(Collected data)
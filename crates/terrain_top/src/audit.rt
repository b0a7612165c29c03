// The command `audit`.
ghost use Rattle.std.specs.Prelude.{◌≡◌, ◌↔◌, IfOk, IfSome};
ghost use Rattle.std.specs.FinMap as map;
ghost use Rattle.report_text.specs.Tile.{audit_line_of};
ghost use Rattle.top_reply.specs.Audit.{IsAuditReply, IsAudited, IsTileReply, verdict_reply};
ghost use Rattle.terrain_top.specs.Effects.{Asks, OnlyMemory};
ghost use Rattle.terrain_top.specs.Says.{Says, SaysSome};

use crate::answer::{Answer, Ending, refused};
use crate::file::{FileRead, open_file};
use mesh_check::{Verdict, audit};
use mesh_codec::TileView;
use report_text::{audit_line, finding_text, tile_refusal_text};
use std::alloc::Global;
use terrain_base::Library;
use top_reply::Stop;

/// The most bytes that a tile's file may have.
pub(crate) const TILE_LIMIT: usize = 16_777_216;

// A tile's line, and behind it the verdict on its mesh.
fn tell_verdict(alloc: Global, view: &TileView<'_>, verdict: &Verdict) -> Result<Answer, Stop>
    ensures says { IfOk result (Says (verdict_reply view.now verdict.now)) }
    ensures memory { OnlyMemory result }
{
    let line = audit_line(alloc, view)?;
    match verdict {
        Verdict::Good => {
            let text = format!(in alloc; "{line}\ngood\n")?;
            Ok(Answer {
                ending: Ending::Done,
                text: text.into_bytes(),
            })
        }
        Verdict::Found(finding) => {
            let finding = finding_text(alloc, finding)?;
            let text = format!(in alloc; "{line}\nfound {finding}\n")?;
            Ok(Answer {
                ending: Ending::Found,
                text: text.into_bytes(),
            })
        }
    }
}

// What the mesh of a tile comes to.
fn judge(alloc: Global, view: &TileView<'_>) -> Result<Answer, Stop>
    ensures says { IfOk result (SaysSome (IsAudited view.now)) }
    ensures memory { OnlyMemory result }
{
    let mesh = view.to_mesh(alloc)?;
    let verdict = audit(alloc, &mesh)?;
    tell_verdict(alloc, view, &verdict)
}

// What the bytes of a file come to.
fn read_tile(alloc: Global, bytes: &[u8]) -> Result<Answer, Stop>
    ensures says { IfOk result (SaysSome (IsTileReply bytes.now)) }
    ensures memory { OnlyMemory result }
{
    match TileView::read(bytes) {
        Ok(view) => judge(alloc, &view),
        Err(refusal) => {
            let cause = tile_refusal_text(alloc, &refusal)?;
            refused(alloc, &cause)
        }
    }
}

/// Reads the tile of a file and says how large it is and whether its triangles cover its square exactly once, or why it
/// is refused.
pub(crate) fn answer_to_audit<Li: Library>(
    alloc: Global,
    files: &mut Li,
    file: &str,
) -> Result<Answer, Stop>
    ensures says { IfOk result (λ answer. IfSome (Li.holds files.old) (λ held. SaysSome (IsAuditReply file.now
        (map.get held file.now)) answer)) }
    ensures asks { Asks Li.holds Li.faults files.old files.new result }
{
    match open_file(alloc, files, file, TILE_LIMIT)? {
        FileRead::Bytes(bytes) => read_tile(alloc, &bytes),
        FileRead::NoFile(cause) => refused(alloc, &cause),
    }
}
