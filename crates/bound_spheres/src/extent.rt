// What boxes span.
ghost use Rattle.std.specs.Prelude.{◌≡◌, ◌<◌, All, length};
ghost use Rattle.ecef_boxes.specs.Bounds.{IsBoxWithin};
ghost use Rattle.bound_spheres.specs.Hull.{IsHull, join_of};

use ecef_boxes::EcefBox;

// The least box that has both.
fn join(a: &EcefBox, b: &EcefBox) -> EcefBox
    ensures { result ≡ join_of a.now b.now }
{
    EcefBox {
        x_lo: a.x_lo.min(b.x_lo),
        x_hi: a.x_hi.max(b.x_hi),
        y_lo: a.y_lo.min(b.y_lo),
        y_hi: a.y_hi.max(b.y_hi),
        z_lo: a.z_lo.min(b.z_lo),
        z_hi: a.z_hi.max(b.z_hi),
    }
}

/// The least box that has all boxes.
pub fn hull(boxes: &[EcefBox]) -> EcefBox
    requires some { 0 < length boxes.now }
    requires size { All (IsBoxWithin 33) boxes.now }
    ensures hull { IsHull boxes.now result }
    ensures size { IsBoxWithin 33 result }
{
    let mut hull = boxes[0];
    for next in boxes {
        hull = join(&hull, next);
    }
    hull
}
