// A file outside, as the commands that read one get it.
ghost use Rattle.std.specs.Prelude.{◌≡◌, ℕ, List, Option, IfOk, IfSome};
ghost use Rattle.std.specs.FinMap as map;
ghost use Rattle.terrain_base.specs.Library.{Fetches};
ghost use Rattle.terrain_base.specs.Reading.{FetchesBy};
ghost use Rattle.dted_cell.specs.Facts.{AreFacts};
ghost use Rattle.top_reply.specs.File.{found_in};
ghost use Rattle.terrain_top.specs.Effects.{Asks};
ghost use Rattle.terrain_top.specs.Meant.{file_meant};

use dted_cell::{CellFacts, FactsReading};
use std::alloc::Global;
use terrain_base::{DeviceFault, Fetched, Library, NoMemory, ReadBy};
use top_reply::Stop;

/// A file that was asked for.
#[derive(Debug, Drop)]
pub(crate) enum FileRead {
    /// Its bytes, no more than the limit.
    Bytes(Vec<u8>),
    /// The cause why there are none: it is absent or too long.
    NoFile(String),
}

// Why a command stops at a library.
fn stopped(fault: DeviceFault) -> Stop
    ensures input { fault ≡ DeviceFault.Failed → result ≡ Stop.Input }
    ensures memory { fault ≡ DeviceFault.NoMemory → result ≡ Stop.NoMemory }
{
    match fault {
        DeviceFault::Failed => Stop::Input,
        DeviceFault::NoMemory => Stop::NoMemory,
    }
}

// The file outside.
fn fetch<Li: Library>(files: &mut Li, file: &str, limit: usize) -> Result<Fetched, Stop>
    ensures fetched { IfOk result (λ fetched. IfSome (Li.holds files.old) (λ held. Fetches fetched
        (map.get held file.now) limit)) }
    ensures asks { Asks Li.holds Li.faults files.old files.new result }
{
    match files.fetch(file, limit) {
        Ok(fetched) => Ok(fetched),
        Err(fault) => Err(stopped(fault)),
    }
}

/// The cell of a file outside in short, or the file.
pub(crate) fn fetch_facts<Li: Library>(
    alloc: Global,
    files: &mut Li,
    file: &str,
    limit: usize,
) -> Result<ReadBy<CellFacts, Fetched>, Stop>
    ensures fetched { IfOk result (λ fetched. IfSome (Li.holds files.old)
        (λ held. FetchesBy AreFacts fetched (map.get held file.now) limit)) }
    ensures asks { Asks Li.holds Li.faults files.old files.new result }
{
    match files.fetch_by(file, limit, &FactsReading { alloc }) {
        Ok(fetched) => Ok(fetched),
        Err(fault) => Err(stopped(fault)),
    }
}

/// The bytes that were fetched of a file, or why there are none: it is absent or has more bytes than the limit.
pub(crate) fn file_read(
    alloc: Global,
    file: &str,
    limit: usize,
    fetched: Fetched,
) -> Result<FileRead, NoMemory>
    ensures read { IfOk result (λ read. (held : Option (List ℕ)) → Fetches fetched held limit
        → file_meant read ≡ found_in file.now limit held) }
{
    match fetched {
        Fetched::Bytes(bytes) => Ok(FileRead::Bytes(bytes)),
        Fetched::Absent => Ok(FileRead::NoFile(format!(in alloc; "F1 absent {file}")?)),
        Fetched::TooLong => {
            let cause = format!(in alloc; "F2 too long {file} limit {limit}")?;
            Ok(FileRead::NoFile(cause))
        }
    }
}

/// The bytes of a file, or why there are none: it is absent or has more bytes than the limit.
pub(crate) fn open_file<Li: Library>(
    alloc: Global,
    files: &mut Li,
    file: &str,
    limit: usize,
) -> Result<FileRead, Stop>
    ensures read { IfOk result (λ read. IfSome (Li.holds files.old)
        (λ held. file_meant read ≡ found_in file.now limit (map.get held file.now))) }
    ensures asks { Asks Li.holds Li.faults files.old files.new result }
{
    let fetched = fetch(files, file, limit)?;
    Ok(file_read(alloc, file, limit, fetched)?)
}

Problem to work on:
A complete answer lists each line of the data that holds the word "IsTileReply".

Result of this exercise:
ghost use Rattle.top_reply.specs.Audit.{IsAuditReply, IsAudited, IsTileReply, verdict_reply};
    ensures says { IfOk result (SaysSome (IsTileReply bytes.now)) }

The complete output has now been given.